Josh put down his cup. “What about the Hooded Men? Where do they come into it?”
“They were the elite of the Puritan army which defeated the royalists. Over the centuries – in this particular London – they developed into something very much more than religious enforcers. They became what they are today. In your reality, I suppose you would describe them as a kind of Gestapo.”
“So what are you going to do now?”
“Somebody will have to find the person who is keeping the doors open, enter that building and make sure that the doors are closed for ever.”
“Like an assassin, you mean?”
“Exactly.”
“That’s all very well, but your assassin is going to be trapped in this reality for ever, isn’t he? Once the doors are closed, he can never come back.”
“This is our home, Josh. We aren’t going anywhere else.” He looked around at all of the young people sprawled on their chairs, and smiled. “This lot didn’t know anything about parallel worlds when I first arrived. They were all brought up on A Child’s Book of Simple Truth. But they knew that something was wrong with the world they lived in, even if they didn’t understand what. So I told them as much as I had discovered, and here we are. A sort of fledgling resistance movement, I suppose, although I didn’t mean to tell you that, not at the start.”

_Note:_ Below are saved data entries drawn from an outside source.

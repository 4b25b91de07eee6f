//! How a shown text and a slice are written into the caller's buffer without being joined first.
ghost use Rattle.std.specs.Prelude.{◌≡◌, ◌⊎◌, ◌+◌, ◌^◌, ◌<◌, ◌≤◌, ◌++◌, take, drop, length};
ghost use Rattle.std.specs.Prelude.{IfSome, MatchResult};
ghost use Rattle.std.specs.Option.{MatchOption};
ghost use Rattle.ansi_str.specs.States.{rendition_of};
ghost use Rattle.ansi_str.specs.Written.{start, close};
ghost use Rattle.ansi_clusters.specs.Lines.{blanks};
ghost use Rattle.ansi_cells.specs.Shown.{between_blanks, shown_bytes, IsLent};
ghost use Rattle.ansi_cells.specs.Slices.{stretch_bytes, sliced_bytes, IsLentSlice};
ghost use Rattle.ansi_text_calls.specs.Answers.{out_of_memory, HasFailed, IsWritten};

use ansi_columns::bare::Bare;
use ansi_columns::shown::{Alignment, Shown, join};
use ansi_columns::slices::{Sliced, Stretch};
use ansi_style::state::Style;
use ansi_style::styles;
use ansi_style::styles::SHORT;
use ansi_text_calls::answers::{Answer, OUT_OF_MEMORY, write, write_made, write_text};
use ansi_text_calls::lists::put;
use ansi_text_calls::walks::short_start;
use arrayvec::ArrayString;
use std::alloc::{AllocError, Allocator};

/// Writes a shown text, or reports out of memory. Allocates only if there is no room for all of it, or
/// its close is long.
#[inline(always)]
pub(crate) fn write_shown<A: Allocator + Copy>(
    alloc: A,
    shown: Result<Shown<'_, '_, A>, AllocError>,
    buffer: &mut [u8],
) -> Answer
    ensures { MatchResult shown.entry
        (λ shown. IsWritten (shown_bytes shown) result buffer.old buffer.new
        ⊎ ((¬ (IsLent shown)) × HasFailed out_of_memory result buffer.old buffer.new))
        (λ e. HasFailed out_of_memory result buffer.old buffer.new) }
{
    let Ok(shown) = shown else {
        return Answer::failed(OUT_OF_MEMORY);
    };
    if shown.missing == 0 && shown.tail.is_empty() && shown.ending.is_empty() {
        return write(shown.text.as_bytes(), buffer);
    }
    match write_parts(&shown, buffer) {
        Some(len) => Answer::done(len),
        None => write_text(join(alloc, shown), buffer),
    }
}

/// Writes the parts of a shown text, in order, if there is room for all of them and its close is
/// short. Returns their length. After `None` the buffer is as it was. Doesn't allocate.
#[inline(always)]
fn write_parts<A: Allocator + Copy>(shown: &Shown<'_, '_, A>, buffer: &mut [u8]) -> Option<usize>
    ensures { MatchOption result (buffer.new ≡ buffer.old)
        (λ len. (len ≡ length (shown_bytes shown.now)) × (len ≤ length buffer.old)
        × (buffer.new ≡ shown_bytes shown.now ++ drop len buffer.old)) }
{
    let close = short_close(&shown.ending.style)?;
    let text = shown.text.as_str();
    let link_end = shown.ending.link_end;
    let len = shown
        .missing
        .checked_add(text.len())?
        .checked_add(link_end.len())?
        .checked_add(close.as_str().len())?
        .checked_add(shown.tail.len())?;
    if buffer.len() < len {
        return None;
    }
    let before = shown.alignment.before_text(shown.missing);
    let place = put_blanks(before, 0, buffer);
    let place = put_str(text, place, buffer);
    let place = put_str(link_end, place, buffer);
    let place = put_str(close.as_str(), place, buffer);
    let place = put_str(shown.tail, place, buffer);
    Some(put_blanks(shown.missing - before, place, buffer))
}

/// Writes a bare text and its tail between the missing blanks, if there is room for all of that. After
/// `None` the buffer is as it was. Doesn't allocate.
#[inline(always)]
pub(crate) fn write_bare(
    bare: Bare<'_, '_>,
    alignment: Alignment,
    buffer: &mut [u8],
) -> Option<Answer>
    ensures { MatchOption result (buffer.new ≡ buffer.old) (λ answer. IsWritten
        (between_blanks bare.entry.missing alignment (bare.entry.text.now ++ bare.entry.tail.now))
        answer buffer.old buffer.new) }
{
    let Bare {
        text,
        tail,
        missing,
    } = bare;
    let len = missing.checked_add(text.len())?.checked_add(tail.len())?;
    if buffer.len() < len {
        return None;
    }
    let before = alignment.before_text(missing);
    let text_at = put_blanks(before, 0, buffer);
    let tail_at = put_str(text, text_at, buffer);
    let end = put_str(tail, tail_at, buffer);
    Some(Answer::done(put_blanks(missing - before, end, buffer)))
}

/// Writes a slice, or reports out of memory. Allocates only if there is no room for all of it, or its
/// start or its close is long.
pub(crate) fn write_slice<A: Allocator + Copy>(
    alloc: A,
    slice: Result<Sliced<'_, A>, AllocError>,
    buffer: &mut [u8],
) -> Answer
    ensures { MatchResult slice.entry
        (λ slice. IsWritten (sliced_bytes slice) result buffer.old buffer.new
        ⊎ ((¬ (IsLentSlice slice)) × HasFailed out_of_memory result buffer.old buffer.new))
        (λ e. HasFailed out_of_memory result buffer.old buffer.new) }
{
    match slice {
        Ok(Sliced::Joined(text)) => write(text.as_bytes(), buffer),
        Ok(Sliced::Stretch(stretch)) => match write_stretch(&stretch, buffer) {
            Some(len) => Answer::done(len),
            None => write_made(stretch.join(alloc), buffer),
        },
        Err(_) => Answer::failed(OUT_OF_MEMORY),
    }
}

/// Writes a stretch and what opens and closes it, if there is room for all of it and its start and its
/// close are short. Returns its length. After `None` the buffer is as it was. Doesn't allocate.
#[inline(always)]
fn write_stretch(stretch: &Stretch<'_>, buffer: &mut [u8]) -> Option<usize>
    ensures { MatchOption result (buffer.new ≡ buffer.old)
        (λ len. (len ≡ length (stretch_bytes stretch.now)) × (len ≤ length buffer.old)
        × (buffer.new ≡ stretch_bytes stretch.now ++ drop len buffer.old)) }
{
    let text = stretch.text;
    if buffer.len() < text.len() {
        return None;
    }
    let start = short_start(&stretch.opened.style)?;
    let close = short_close(&stretch.ending.style)?;
    let start = start.as_str();
    let close = close.as_str();
    let link = stretch.opened.link;
    let link_end = stretch.ending.link_end;
    let len = text
        .len()
        .checked_add(start.len())?
        .checked_add(link.len())?
        .checked_add(link_end.len())?
        .checked_add(close.len())?;
    if buffer.len() < len {
        return None;
    }
    let place = put_str(start, 0, buffer);
    let place = put_str(link, place, buffer);
    let place = put_str(text, place, buffer);
    let place = put_str(link_end, place, buffer);
    Some(put_str(close, place, buffer))
}

/// The close of a style, if it is short. `None` says nothing.
#[tactic(auto, using(ansi_style::proofs::UnsetLemmas::unset_styles))]
#[inline(always)]
fn short_close(style: &Style) -> Option<ArrayString<SHORT>>
    ensures { IfSome result (λ s. s.bytes ≡ close (rendition_of style.now)) }
{
    if !styles::has_close(style) {
        return Some(ArrayString::new());
    }
    styles::short_close(style)
}

/// Copies a text, which may be empty, to a place in a buffer, if there is room for it. Returns the
/// place after it.
#[inline(always)]
fn put_str(text: &str, place: usize, buffer: &mut [u8]) -> usize
    requires { place + length text.now < 2 ^ 64 }
    ensures bytes { place + length text.now ≤ length buffer.old →
        buffer.new ≡ take place buffer.old ++ text.now ++ drop (place + length text.now) buffer.old }
    ensures after { result ≡ place + length text.now }
{
    if text.is_empty() {
        return place;
    }
    put(text.as_bytes(), place, buffer)
}

/// Writes blanks at a place in a buffer, which has room for them. Returns the place after them.
#[inline(always)]
fn put_blanks(count: usize, place: usize, buffer: &mut [u8]) -> usize
    requires { place + count ≤ length buffer.old }
    ensures bytes { buffer.new
        ≡ take place buffer.old ++ blanks count ++ drop (place + count) buffer.old }
    ensures after { result ≡ place + count }
{
    let after = place + count;
    if count != 0 {
        buffer[place..after].fill(b' ');
    }
    after
}
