//! Logins. One whose growth is refused tells P9, and is over then, whatever comes.

use crate::KEY_WORD;
use crate::files::{settings, users};
use crate::told::{put_bytes, put_unless};
use ini_config::Settings;
use login_core::{Login, LoginStep};
use message_view::Refusal;
use std::alloc::{AllocError, Global};
use std::sync::Arc;
use user_file::Users;

/// The StartupMessage of Ann for the database shop, with a name of her own, and her password.
const PASSES: &[u8] =
    b"\0\0\0\x37\0\x03\0\0user\0ann\0database\0shop\0application_name\0books\0\0p\0\0\0\x0bsecret\0";

/// One with a parameter that isn't supported.
const UNSUPPORTED: &[u8] = b"\0\0\0\x29\0\x03\0\0user\0ann\0database\0shop\0geqo\0off\0\0";

fn login(alloc: Global, settings: &Arc<Settings>, users: &Arc<Users>) -> Result<Login, AllocError> {
    let settings = Arc::try_clone(settings)?;
    let users = Arc::try_clone(users)?;
    Login::new(alloc, settings, users, KEY_WORD)
}

/// The step by which a login ends that is fed with these bytes; or More, where it doesn't end.
fn fed(alloc: Global, login: &mut Login, bytes: &[u8]) -> LoginStep {
    let mut rest = bytes;
    for _ in 0..10 {
        let (used, step) = login.on_bytes(alloc, rest);
        rest = &rest[used..];
        match step {
            LoginStep::More | LoginStep::Ask(_) | LoginStep::Arrived(_) => {}
            step => return step,
        }
    }
    LoginStep::More
}

/// Whether it takes no byte and answers Left.
fn is_left(alloc: Global, login: &mut Login, bytes: &[u8]) -> bool {
    matches!(login.on_bytes(alloc, bytes), (0, LoginStep::Left))
}

/// Whether it waits for nothing, and stays so whatever comes.
fn is_over(alloc: Global, login: &mut Login) -> bool {
    login.wants() == 0
        && (is_left(alloc, login, PASSES) && is_left(alloc, login, b""))
        && (is_left(alloc, login, PASSES) && login.wants() == 0)
}

/// Appends how a login ended.
fn put_step(
    alloc: Global,
    login: &Login,
    step: &LoginStep,
    out: &mut Vec<u8>,
) -> Result<(), AllocError> {
    match step {
        LoginStep::Passed(key, _) => {
            put_bytes(alloc, b"user", key.user.as_slice(), out)?;
            for (name, value) in &key.parameters {
                put_bytes(alloc, b"name", name.as_slice(), out)?;
                put_bytes(alloc, b"value", value.as_slice(), out)?;
            }
            Ok(())
        }
        LoginStep::Refused(refusal) => {
            let name = login.unsupported_parameter().unwrap_or(b"");
            put_bytes(alloc, refusal.code(), name, out)
        }
        _ => put_unless(false, b"the login doesn't end", out),
    }
}

/// Whether the step tells that memory was refused; or it would tell a name, for which there was none.
fn is_short(login: &Login, step: &LoginStep) -> bool {
    match step {
        LoginStep::Refused(Refusal::OutOfMemory) => true,
        LoginStep::Refused(Refusal::UnsupportedParameter) => login
            .unsupported_parameter()
            .is_none(),
        _ => false,
    }
}

/// Feeds a login with these bytes, and where memory is refused another one.
fn put_login(
    alloc: Global,
    settings: &Arc<Settings>,
    users: &Arc<Users>,
    bytes: &[u8],
    out: &mut Vec<u8>,
) -> Result<(), AllocError> {
    let mut first = login(alloc, settings, users)?;
    let step = fed(alloc, &mut first, bytes);
    put_unless(is_over(alloc, &mut first), b"a login goes on", out)?;
    if !is_short(&first, &step) {
        return put_step(alloc, &first, &step, out);
    }
    let mut second = login(alloc, settings, users)?;
    let step = fed(alloc, &mut second, bytes);
    put_step(alloc, &second, &step, out)
}

/// Logins that pass and that are refused.
pub fn told(alloc: Global, out: &mut Vec<u8>) -> Result<(), AllocError> {
    let settings = settings(alloc)?;
    let users = users(alloc)?;
    put_login(alloc, &settings, &users, PASSES, out)?;
    put_login(alloc, &settings, &users, UNSUPPORTED, out)
}
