//! Start keys: which database, user and parameters a client asks for, and so which links it may be lent. And what a link's server
//! reported of its parameters.
//!
//! Public: `start_key` and `unsupported_name`, for `login_core`; and `Reported`, which `link_start` fills, `link_run` keeps with each
//! link, and which `relay_core`, in a lease, and `link_run`, in the reset, tell of later reports. The definitions (`StartKeys`,
//! `Reports`, `KeptReports`) are cited by `login_core`, `link_start` and `link_run`, by `relay_model`, `login_laws` and `login_before`,
//! and by `world_story`. `laws` does nothing, and nobody calls it: it says that what a `Reported` keeps tells of all reports. Free to
//! change: how a report is found by its name.
#![tactic(auto)]

mod key;
pub mod laws;
mod reported;
mod uses;

ghost use Rattle.std.specs.Prelude.{◌≡◌};
ghost use Rattle.param_track.specs.declared.StartKeyError.TheVariants.{Memory};

pub use key::start_key;
pub use reported::{MAX_NAMES, ReportError, Reported, StartReport};
use std::alloc::AllocError;
pub use uses::unsupported_name;

/// Why a StartupMessage gives no start key. The first of these that holds is told, wherever they stand in the message.
#[derive(Clone, Copy, Debug, PartialEq, Eq, Drop)]
pub enum StartKeyError {
    /// No user, or an empty one.
    NoUser,
    /// A parameter that is neither followed nor ignored.
    UnsupportedParameter,
    /// The parameter `replication`, where the settings don't ignore it.
    Replication,
    /// An allocation failed.
    Memory,
}

impl From<AllocError> for StartKeyError {
    ghost from_gives = { λ _ fault. fault ≡ Memory };

    fn from(_error: AllocError) -> StartKeyError {
        StartKeyError::Memory
    }
}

“And Winnie?” asked Nancy, in a voice as soft as a rubbed-out word.
John Farbelow shrugged. “Winifred Thomas. I never found out what happened to her. I pray that she didn’t meet the same fate as your sister, Josh; but I suspect very much that she might have done.” He was silent for a moment. His mouth puckered and his eyes filled with tears.
“Do you know something?” he said. “I don’t even have a picture of her. Not one. And I’m beginning to forget what she looked like.”